Juan Manuel Iturbe Arévalos (Buenos Aires, 4 giugno 1993) è un calciatore paraguaiano naturalizzato argentino, centrocampista offensivo dell'Hellas Verona, in prestito dal Porto e della Nazionale argentina Under-20.

Di seguito un video:





personalmente amo questo giocatore, velocissimo, grande tecnica e buon tiro. Bravo anche nelle punizioni...
se solo il nostro milan ci facesse un pensierino...


----------



## Superdinho80 (6 Gennaio 2014)

poi ala destra, perfetto per il 4-3-3, proprio il ruolo che ci manca visto che a sinistra abbiamo el shaarawy


----------



## zico (6 Gennaio 2014)

Questo salta l'uomo con una velocita' impressionante , ha dribbling, tiro e corsa , ideale per una squadra come la nostra con pochi giocatori in grado di dribblare e creare superiorita numerica


----------



## Jino (6 Gennaio 2014)

Però ancora non mi convince in toto sinceramente... per me per giocare in una grande gli manca qualcosa...


----------



## Naruto98 (6 Gennaio 2014)

a segno anche oggi, daje galliani facci un pensierino!


----------



## The Ripper (6 Gennaio 2014)

uno dei miei giocatori preferiti.
se continua il suo percorso di crescita può fare le scarpe a gente come David Silva & co.


----------



## O Animal (6 Gennaio 2014)

Toni ha detto che è uno dei più forti giovani che abbia visto... e Toni ne ha visti nei suoi 1000 anni di carriera...


----------



## robs91 (7 Gennaio 2014)

Probabilmente uno dei pochi errori del Porto.Sorprende,infatti, che non abbiano puntato su di lui ,vista la partenza di James.

Ok ,nel suo ruolo hanno Kelvin in rampa di lancio,ma non so se sia proprio la stessa cosa.E ad ogni modo potevano coesistere in un 4-3-3,anche se amano partire dalla la stessa posizione.


----------



## Splendidi Incisivi (7 Gennaio 2014)

Occhio a tutti i veronesi, l'Hellas ha imbroccato una stagione formidabile, i vari Jorginho, Romulo, Iturbe son tutti da verificare fuori contesto.


----------



## Jino (7 Gennaio 2014)

robs91 ha scritto:


> Probabilmente uno dei pochi errori del Porto.Sorprende,infatti, che non abbiano puntato su di lui ,vista la partenza di James.
> 
> Ok ,nel suo ruolo hanno Kelvin in rampa di lancio,ma non so se sia proprio la stessa cosa.E ad ogni modo potevano coesistere in un 4-3-3,anche se amano partire dalla la stessa posizione.

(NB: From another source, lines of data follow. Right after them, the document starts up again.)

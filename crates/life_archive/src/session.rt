//! Sessions: an archive serves connections in turn; over files, it is opened for them.
ghost use Rattle.std.specs.Prelude.{◌≡◌, ◌≢◌, ◌↔◌, false, IsTrue, IfOk, IfErr, OnErr, OnOk};
ghost use Rattle.sqlite_wal.specs.Reads.{AreClean};
ghost use Rattle.sqlite.specs.Files.{image_of};
ghost use Rattle.sqlite_trees.specs.Tree.{Trees};
ghost use Rattle.life_store.specs.Kept.{Kept};
ghost use Rattle.life_store.specs.Crash.{NothingNew};
ghost use Rattle.life_store.specs.Tables.{Holds, TreesHold, IsTransition, HoldsTheSame, IsHealthyIfClean};
ghost use Rattle.life_store.specs.Opening.{is_capacity, FilesHold, ListNothing};
ghost use Rattle.life_archive.specs.Session.{Traffic, CannotListen, ServesOne, ServesSome, ServesConnections, AreUsable, either, EndsSession, IsSession, SessionsCompose, SessionsComposeOverCrashes};

use crate::archive_stop::ArchiveStop;
use life_desk::law_of_migrated_archives;
use life_store::{Archive, OpenFault, Unavailable};
use sqlite::{Alter, FileStore, Files};
use sqlite_disk::Disk;
use std::alloc::Global;

/// A source of connections: a port in the program, stored bytes in tests.
pub trait Connections {
    // The known facts about the connections to come and about the served ones.
    ghost traffic: { Self → Traffic };

    /// Prepares for the first connection, once the archive is open.
    fn listen(&mut self) -> Result<(), ArchiveStop>
        ensures traffic { traffic self.new ≡ traffic self.old }
        ensures refused { IfErr result CannotListen };

    /// Waits for the next connection and answers its messages from the archive with [`crate::run_serve`]. A failed
    /// connection is not an error of the session.
    fn serve_next<S: Alter>(&mut self, alloc: Global, archive: &mut Archive<S>)
        ensures { ServesOne S.Store archive.old archive.new (traffic self.old) (traffic self.new) };
}

/// Serves this many connections, with clauses only about the store.
fn serve_each<S: Alter, C: Connections>(
    alloc: Global,
    archive: &mut Archive<S>,
    connections: &mut C,
    count: u64,
)
    ensures { ServesSome S.Store count archive.old archive.new (C.traffic connections.old) (C.traffic connections.new) }
{
    for connection in 0..count {
        connections.serve_next(alloc, archive);
    }
}

/// Serves this many connections from the archive, one after the other. Connections that fail count too.
pub fn serve_connections<S: Alter, C: Connections>(
    alloc: Global,
    archive: &mut Archive<S>,
    connections: &mut C,
    count: u64,
)
    // About the store: it answered each message of each connection, one after the other.
    ensures steps { ServesSome S.Store count archive.old archive.new (C.traffic connections.old) (C.traffic connections.new) }
    // About the archive: it went through a run over them, even if the disk failed during it. Also says what a crash
    // leaves.
    ensures served { ServesConnections S.Store count archive.old archive.new (C.traffic connections.old) (C.traffic connections.new) }
{
    archive.law_of_crashes();
    serve_each(alloc, archive, connections, count);
}

/// Returns the files as `Ok` if they may be opened again: they may not after a failed sync.
fn reopenable<D: Disk>(files: Files<D>) -> Result<Files<D>, Files<D>>
    ensures same { either result ≡ files }
    ensures usable { IfOk result (AreUsable D.Disk) }
{
    if !files.log.may_be_used() {
        return Err(files);
    }
    if !files.db.may_be_used() {
        return Err(files);
    }
    Ok(files)
}

/// Serves this many connections, then counts the deposits, which fails unless the database is healthy. A separate
/// function, so that `serve_opened` proves the store's traits only once.
fn serve_and_count<S: Alter, C: Connections>(
    alloc: Global,
    archive: &mut Archive<S>,
    connections: &mut C,
    count: u64,
) -> Result<u64, Unavailable>
    ensures run { (mid : _) × ServesSome S.Store count archive.old mid (C.traffic connections.old) (C.traffic connections.new) × IsTransition S.Store NothingNew mid archive.new × HoldsTheSame mid.tables archive.new.tables }
    ensures healthy { OnOk result (IsHealthyIfClean S.Store archive.new) }
    ensures law { IsTrue archive.old.tables.is_healthy → (k : Kept) → Holds archive.old.tables k → (db : Trees) → S.Store.recovers archive.old.store db → TreesHold db k }
{
    archive.law_of_crashes();
    serve_each(alloc, archive, connections, count);
    archive.count_deposits()
}

/// Serves from an archive over files, and returns the files without closing it. `Ok` means that the database was
/// healthy to the end and that the files may be opened again.
fn serve_opened<D: Disk + Drop, C: Connections>(
    alloc: Global,
    archive: Archive<FileStore<D>>,
    connections: &mut C,
    count: u64,
) -> Result<Files<D>, Files<D>>
    ensures ends { EndsSession D.Disk archive count (C.traffic connections.old) (C.traffic connections.new) result }
    ensures usable { IfOk result (AreUsable D.Disk) }
{
    let mut archive = archive;
    match serve_and_count(alloc, &mut archive, connections, count) {
        Ok(_count) => reopenable(archive.into_files()),
        Err(_) => Err(archive.into_files()),
    }
}

/// A session: opens the archive in the files, serves this many connections in turn, and drops it without copying the
/// log into the database file. The next session begins with the archive as the served messages left it.
///
/// The files are in an `Ok` if the database was healthy to the end and could count its deposits, otherwise in an `Err`.
/// A session that a crash interrupted counts as `Err`, by the kit's argument about crashes.
pub fn serve_files<D: Disk + Drop, C: Connections>(
    alloc: Global,
    files: Files<D>,
    capacity: u64,
    connections: &mut C,
    count: u64,
) -> Result<Result<Files<D>, Files<D>>, (OpenFault, Files<D>)>
    requires log { IsTrue (D.Disk.is_usable files.log) }
    requires db { IsTrue (D.Disk.is_usable files.db) }
    // Files in an Ok may be opened again: no sync of them failed.
    ensures usable { IfOk result (λ left. IfOk left (AreUsable D.Disk)) }
    ensures session { IfOk result (IsSession D.Disk files capacity count (C.traffic connections.old) (C.traffic connections.new)) }
    // If the opening was refused, no client was served, and the fault and the files come from `Archive::open_files`.
    // There is no clause about a crash during an opening.
    ensures unserved { OnErr result (connections.new ≡ connections.old) }
    ensures bad { IfErr result (λ e. (e.0 ≡ OpenFault.BadCapacity) ↔ (is_capacity capacity ≡ false)) }
    ensures back { IfErr result (λ e. e.0 ≡ OpenFault.BadCapacity → e.1 ≡ files) }
    ensures ours { IfErr result (λ e. (k : Kept) → AreClean D.Disk e.1.log e.1.db → FilesHold (image_of D.Disk files) k → e.0 ≢ OpenFault.NotOurs) }
    ensures none { IfErr result (λ e. AreClean D.Disk e.1.log e.1.db → ListNothing (image_of D.Disk files) → e.0 ≢ OpenFault.NotOurs) }
    ensures clean { IfErr result (λ e. AreClean D.Disk e.1.log e.1.db → e.0 ≡ OpenFault.NotOurs → AreClean D.Disk files.log files.db) }
{
    law_of_migrated_archives();
    match Archive::open_files(alloc, files, capacity) {
        Ok(archive) => Ok(serve_opened(alloc, archive, connections, count)),
        Err((fault, left)) => Err((fault, left)),
    }
}

/// A session begins with the archive that the session before it, or a crash, left in the files. A law: calling it does
/// nothing.
pub fn law_of_sessions<D: Disk, E: Disk>()
    ensures composed { SessionsCompose D.Disk }
    ensures crashed { SessionsComposeOverCrashes D.Disk E.Disk }
{}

Resta comunque il fatto che ha 20 anni ed è a Verona in prestito con diritto di riscatto attorno ai 20 mln, praticamente una cifra che la società scaligera non verserà mai. 

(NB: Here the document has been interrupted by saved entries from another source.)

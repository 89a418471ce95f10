//! What the definitions say together.

ghost use Rattle.std.specs.Prelude.{ℕ, ◌<◌, ◌^◌};
ghost use Rattle.rv_csr.specs.Control.{Control};
ghost use Rattle.rv_csr.specs.Traps.{trapped};
ghost use Rattle.rv_csr.specs.Laws.{Restores, ReadsAsWritten};
ghost use Rattle.rv_csr.specs.declared.inputs.Inputs.{Inputs as AnInputs};
ghost use Rattle.rv_csr.specs.declared.mode.Mode.{Mode as AMode};

/// MRET after a trap's entry restores the mode and MIE.
pub fn return_undoes_entry()
    ensures { (c : Control) (mode : AMode) (pc cause value : ℕ)
        → Restores c mode (trapped c mode pc cause value) }
{}

/// A register that was written reads the writable bits of its word.
pub fn reads_what_was_written()
    ensures { (c : Control) (i : AnInputs) (v : ℕ) → v < 2 ^ 32 → ReadsAsWritten c i v }
{}
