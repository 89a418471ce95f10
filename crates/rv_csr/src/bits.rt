//! Bits and halves of words.
ghost use Rattle.std.specs.Prelude.{◌≡◌, ◌<◌, ◌+◌, ◌*◌, ◌^◌};
ghost use Rattle.rv_csr.specs.Control.{has_bit, bit_if};
ghost use Rattle.rv_csr.specs.Table.{low_half, high_half};

/// Bit `k` of a word.
pub fn has_bit(word: u32, k: u32) -> bool
    requires { k < 32 }
    ensures { result ≡ has_bit word k }
{
    word >> k & 1 == 1
}

/// The word whose one bit `k` is set, or 0.
pub fn bit_if(on: bool, k: u32) -> u32
    requires { k < 32 }
    ensures { result ≡ bit_if on k }
{
    if on { 1 << k } else { 0 }
}

pub fn low_half(n: u64) -> u32
    ensures { result ≡ low_half n }
{
    (n % (1 << 32)) as u32
}

pub fn high_half(n: u64) -> u32
    ensures { result ≡ high_half n }
{
    (n >> 32) as u32
}

/// The number with this low half.
pub fn with_low_half(n: u64, low: u32) -> u64
    ensures { result ≡ high_half n * 2 ^ 32 + low }
{
    u64::from(high_half(n)) * (1 << 32) + u64::from(low)
}

/// The number with this high half.
pub fn with_high_half(n: u64, high: u32) -> u64
    ensures { result ≡ high * 2 ^ 32 + low_half n }
{
    u64::from(high) * (1 << 32) + u64::from(low_half(n))
}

Torna a casa lessy a giugno.


----------



## Frikez (7 Gennaio 2014)

Jino ha scritto:


> Resta comunque il fatto che ha 20 anni ed è a Verona in prestito con diritto di riscatto attorno ai 20 mln, praticamente una cifra che la società scaligera non verserà mai.
> 
> Torna a casa lessy a giugno.



Secondo me qualcuna delle grandi potrebbe farci un pensierino, aiutando il Verona a riscattarlo (si parla di 15 milioni) per poi acquistarne la metà..alcune settimane fa parlavano di un sondaggio della Roma, secondo me la Juve potrebbe essere interessata dato che Conte vuole un esterno offensivo per variare il gioco.


----------



## Jino (7 Gennaio 2014)

Frikez ha scritto:


> Secondo me qualcuna delle grandi potrebbe farci un pensierino, aiutando il Verona a riscattarlo (si parla di 15 milioni) per poi acquistarne la metà..alcune settimane fa parlavano di un sondaggio della Roma, secondo me la Juve potrebbe essere interessata dato che Conte vuole un esterno offensivo per variare il gioco.



Sono comunque tanti soldi, anche se come dici tu dovesse andarsene dal Porto si consolano comunque in ottimo modo!


----------



## Z A Z A' (19 Gennaio 2014)

Questo fa paura quando parte palla al piede.
Ovviamente andrà alla Roma...


----------



## Angstgegner (19 Gennaio 2014)

Gran bel giocatore.
Ci farebbe enormemente comodo, ma non ci possiamo permettere nemmno lui.


----------



## aleslash (19 Gennaio 2014)

Sean faccelo sto regalo....


----------



## Andreas89 (19 Gennaio 2014)

Ci servirebbe come il pane.


----------



## The Ripper (19 Gennaio 2014)

fa reparto da solo

fortissimo


----------



## Andreas89 (19 Gennaio 2014)

Ha alcune cose su cui migliorare. E' innamorato della palla, talvolta non la passerebbe manco sotto tortura.


----------



## mefisto94 (19 Gennaio 2014)

Andreas89 ha scritto:


> Ha alcune cose su cui migliorare. E' innamorato della palla, talvolta non la passerebbe manco sotto tortura.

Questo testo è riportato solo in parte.